(STUDY MATERIAL begins)

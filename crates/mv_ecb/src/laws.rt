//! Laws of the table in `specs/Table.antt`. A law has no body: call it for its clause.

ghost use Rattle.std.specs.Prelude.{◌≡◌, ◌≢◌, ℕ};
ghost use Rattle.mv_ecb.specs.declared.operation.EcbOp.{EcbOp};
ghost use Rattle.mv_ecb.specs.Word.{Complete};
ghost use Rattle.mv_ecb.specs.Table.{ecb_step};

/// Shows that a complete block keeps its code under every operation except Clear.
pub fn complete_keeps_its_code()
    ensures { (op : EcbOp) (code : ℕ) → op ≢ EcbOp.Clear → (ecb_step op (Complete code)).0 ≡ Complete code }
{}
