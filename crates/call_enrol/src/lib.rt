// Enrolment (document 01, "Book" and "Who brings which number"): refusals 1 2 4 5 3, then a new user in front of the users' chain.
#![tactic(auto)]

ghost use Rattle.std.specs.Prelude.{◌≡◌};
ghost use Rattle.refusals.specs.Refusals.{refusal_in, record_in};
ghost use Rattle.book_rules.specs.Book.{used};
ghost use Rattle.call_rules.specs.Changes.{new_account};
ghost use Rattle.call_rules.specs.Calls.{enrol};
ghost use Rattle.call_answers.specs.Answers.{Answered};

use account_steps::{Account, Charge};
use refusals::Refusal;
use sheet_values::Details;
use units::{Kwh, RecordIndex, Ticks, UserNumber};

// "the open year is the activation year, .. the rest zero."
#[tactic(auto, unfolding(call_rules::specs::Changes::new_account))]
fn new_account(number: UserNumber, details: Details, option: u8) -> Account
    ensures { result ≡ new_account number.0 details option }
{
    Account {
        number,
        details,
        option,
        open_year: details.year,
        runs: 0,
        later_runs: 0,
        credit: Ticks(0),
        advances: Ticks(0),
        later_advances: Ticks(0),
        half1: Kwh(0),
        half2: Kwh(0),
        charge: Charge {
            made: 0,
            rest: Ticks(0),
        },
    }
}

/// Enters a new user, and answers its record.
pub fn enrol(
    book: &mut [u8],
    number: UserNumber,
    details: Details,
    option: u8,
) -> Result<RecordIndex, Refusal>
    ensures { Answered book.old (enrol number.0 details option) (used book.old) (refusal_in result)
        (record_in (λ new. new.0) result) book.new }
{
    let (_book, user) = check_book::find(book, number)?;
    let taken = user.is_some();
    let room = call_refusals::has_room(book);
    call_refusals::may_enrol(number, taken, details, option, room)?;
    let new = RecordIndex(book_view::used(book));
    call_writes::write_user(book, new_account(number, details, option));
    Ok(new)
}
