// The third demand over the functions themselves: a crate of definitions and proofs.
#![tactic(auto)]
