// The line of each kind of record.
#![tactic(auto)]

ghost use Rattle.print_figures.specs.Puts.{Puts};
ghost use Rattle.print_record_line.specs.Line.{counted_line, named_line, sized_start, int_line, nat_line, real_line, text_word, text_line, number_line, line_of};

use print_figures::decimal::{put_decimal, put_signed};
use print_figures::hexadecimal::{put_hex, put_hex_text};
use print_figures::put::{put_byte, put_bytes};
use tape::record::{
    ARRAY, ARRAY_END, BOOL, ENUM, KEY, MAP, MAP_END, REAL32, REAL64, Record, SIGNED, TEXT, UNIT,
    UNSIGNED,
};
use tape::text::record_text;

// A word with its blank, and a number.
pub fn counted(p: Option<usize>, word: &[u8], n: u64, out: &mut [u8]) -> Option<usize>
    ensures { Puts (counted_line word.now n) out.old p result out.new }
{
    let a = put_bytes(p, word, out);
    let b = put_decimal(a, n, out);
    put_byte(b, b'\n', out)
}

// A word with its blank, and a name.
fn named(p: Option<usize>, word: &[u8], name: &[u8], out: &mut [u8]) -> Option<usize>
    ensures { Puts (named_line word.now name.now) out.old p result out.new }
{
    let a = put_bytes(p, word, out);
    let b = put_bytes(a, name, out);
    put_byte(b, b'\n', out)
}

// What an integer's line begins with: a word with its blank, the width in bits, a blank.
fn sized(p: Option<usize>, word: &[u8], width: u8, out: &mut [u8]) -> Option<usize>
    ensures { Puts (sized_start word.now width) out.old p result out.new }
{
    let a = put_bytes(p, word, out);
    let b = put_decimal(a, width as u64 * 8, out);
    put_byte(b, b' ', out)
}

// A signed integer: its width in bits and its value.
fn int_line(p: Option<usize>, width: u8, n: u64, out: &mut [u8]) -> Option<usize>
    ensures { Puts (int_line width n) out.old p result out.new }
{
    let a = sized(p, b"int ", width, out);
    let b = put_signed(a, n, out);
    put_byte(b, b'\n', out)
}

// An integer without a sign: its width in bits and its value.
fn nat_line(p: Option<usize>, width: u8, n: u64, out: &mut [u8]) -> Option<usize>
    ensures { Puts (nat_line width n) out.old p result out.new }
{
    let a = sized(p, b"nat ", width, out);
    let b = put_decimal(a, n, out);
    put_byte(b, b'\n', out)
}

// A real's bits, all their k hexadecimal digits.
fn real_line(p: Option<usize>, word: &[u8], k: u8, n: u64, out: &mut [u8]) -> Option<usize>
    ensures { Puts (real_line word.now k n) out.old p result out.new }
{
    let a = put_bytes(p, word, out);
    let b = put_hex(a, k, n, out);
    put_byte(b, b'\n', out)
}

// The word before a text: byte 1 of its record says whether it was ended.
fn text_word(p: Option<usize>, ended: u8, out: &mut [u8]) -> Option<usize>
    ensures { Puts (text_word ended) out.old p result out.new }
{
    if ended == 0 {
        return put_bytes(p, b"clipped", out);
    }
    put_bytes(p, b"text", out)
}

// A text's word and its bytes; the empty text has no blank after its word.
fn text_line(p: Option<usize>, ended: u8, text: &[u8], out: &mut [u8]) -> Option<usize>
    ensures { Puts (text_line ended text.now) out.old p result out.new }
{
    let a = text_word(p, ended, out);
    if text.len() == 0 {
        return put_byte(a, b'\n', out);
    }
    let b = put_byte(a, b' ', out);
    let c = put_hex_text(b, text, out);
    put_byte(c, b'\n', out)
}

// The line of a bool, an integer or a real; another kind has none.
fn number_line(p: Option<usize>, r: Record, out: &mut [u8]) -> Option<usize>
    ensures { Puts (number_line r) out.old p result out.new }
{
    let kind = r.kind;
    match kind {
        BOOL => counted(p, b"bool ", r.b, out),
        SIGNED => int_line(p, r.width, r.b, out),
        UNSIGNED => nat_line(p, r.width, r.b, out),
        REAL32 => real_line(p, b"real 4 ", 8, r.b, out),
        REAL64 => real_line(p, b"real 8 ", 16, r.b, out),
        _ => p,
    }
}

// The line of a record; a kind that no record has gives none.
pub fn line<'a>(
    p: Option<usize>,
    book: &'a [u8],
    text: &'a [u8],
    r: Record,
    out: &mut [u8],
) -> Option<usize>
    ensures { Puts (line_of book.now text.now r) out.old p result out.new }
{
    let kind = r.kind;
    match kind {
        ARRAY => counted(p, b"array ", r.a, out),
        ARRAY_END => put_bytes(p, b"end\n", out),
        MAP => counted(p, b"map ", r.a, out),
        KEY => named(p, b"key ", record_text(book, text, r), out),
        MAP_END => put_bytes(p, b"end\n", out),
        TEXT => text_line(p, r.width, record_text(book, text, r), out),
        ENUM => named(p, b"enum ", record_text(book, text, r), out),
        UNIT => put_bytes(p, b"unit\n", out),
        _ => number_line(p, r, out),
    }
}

(STUDY MATERIAL ends)
(STUDY MATERIAL begins)

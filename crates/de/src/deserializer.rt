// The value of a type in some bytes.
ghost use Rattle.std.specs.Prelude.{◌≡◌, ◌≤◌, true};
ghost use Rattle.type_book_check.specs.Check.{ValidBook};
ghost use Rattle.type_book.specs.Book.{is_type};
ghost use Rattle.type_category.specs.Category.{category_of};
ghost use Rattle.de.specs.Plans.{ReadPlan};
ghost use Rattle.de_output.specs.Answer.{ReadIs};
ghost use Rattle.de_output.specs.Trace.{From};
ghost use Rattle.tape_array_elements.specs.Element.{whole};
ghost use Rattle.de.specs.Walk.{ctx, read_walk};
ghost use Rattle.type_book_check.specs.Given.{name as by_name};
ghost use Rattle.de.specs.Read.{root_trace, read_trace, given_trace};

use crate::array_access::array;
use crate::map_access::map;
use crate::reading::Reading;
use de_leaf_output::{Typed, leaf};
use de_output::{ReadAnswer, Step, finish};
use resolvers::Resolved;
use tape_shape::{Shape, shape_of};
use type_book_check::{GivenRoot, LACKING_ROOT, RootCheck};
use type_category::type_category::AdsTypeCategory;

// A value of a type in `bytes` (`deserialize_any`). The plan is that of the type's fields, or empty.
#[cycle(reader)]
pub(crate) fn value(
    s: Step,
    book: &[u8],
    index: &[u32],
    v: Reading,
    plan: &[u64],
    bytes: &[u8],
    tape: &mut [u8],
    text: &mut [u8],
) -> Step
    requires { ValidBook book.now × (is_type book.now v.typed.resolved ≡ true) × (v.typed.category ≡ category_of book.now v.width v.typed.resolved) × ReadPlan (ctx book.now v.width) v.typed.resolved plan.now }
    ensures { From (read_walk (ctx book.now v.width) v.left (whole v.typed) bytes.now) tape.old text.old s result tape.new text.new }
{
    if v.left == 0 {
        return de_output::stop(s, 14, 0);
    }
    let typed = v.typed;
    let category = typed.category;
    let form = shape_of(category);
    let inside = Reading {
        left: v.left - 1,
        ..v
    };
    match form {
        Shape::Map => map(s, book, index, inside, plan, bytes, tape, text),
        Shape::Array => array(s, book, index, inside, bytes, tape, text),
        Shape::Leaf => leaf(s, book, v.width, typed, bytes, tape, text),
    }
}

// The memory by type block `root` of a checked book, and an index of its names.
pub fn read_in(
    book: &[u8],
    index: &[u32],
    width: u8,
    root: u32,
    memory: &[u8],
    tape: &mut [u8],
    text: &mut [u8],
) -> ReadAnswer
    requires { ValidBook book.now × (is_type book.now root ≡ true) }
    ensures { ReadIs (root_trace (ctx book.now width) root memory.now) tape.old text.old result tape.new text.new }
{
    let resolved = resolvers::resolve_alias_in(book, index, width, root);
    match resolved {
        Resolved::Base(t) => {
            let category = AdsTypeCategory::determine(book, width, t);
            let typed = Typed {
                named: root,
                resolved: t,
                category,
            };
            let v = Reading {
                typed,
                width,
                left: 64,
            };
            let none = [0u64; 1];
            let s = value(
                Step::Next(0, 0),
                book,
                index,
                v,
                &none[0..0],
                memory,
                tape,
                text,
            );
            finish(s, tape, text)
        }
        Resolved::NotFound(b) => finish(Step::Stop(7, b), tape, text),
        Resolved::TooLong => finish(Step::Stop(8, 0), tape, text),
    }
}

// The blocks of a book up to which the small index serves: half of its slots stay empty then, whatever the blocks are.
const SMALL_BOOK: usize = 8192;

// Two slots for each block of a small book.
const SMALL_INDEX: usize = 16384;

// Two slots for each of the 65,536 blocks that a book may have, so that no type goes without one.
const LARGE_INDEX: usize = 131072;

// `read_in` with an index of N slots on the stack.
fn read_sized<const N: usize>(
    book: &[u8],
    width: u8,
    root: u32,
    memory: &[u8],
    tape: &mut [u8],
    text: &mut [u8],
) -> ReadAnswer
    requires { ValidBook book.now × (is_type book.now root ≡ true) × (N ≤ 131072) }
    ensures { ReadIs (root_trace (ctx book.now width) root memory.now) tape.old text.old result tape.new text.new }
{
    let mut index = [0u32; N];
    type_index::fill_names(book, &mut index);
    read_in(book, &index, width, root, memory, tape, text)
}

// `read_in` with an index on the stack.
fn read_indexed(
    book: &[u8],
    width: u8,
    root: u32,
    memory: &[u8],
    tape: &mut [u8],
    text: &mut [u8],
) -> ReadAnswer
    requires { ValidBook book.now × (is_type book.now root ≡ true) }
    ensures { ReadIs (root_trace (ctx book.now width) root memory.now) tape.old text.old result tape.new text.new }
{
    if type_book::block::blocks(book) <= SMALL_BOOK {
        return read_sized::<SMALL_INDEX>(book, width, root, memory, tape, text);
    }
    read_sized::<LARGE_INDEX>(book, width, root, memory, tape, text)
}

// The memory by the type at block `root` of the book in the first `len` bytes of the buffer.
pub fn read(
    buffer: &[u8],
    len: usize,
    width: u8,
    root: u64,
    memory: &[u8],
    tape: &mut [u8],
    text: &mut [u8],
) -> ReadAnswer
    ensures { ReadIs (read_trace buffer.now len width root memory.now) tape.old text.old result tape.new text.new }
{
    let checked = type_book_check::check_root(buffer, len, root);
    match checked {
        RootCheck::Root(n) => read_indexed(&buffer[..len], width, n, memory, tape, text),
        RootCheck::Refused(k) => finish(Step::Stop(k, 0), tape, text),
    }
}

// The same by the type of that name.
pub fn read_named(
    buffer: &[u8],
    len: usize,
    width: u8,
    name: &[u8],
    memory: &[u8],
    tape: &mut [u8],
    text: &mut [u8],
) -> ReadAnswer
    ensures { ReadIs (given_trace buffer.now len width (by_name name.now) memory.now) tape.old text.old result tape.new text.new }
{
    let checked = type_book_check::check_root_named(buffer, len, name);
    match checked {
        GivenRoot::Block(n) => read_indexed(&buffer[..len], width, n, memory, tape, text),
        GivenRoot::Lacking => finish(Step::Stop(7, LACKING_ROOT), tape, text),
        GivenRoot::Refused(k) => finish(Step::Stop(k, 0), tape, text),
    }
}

(STUDY MATERIAL ends)

# [PROBLEM DESCRIPTION]
Write out every line of the entries that holds the word "requires".

# [RESPONSE]
    requires { ValidBook book.now × (is_type book.now v.typed.resolved ≡ true) × (v.typed.category ≡ category_of book.now v.width v.typed.resolved) × ReadPlan (ctx book.now v.width) v.typed.resolved plan.now }
    requires { ValidBook book.now × (is_type book.now root ≡ true) }
    requires { ValidBook book.now × (is_type book.now root ≡ true) × (N ≤ 131072) }
    requires { ValidBook book.now × (is_type book.now root ≡ true) }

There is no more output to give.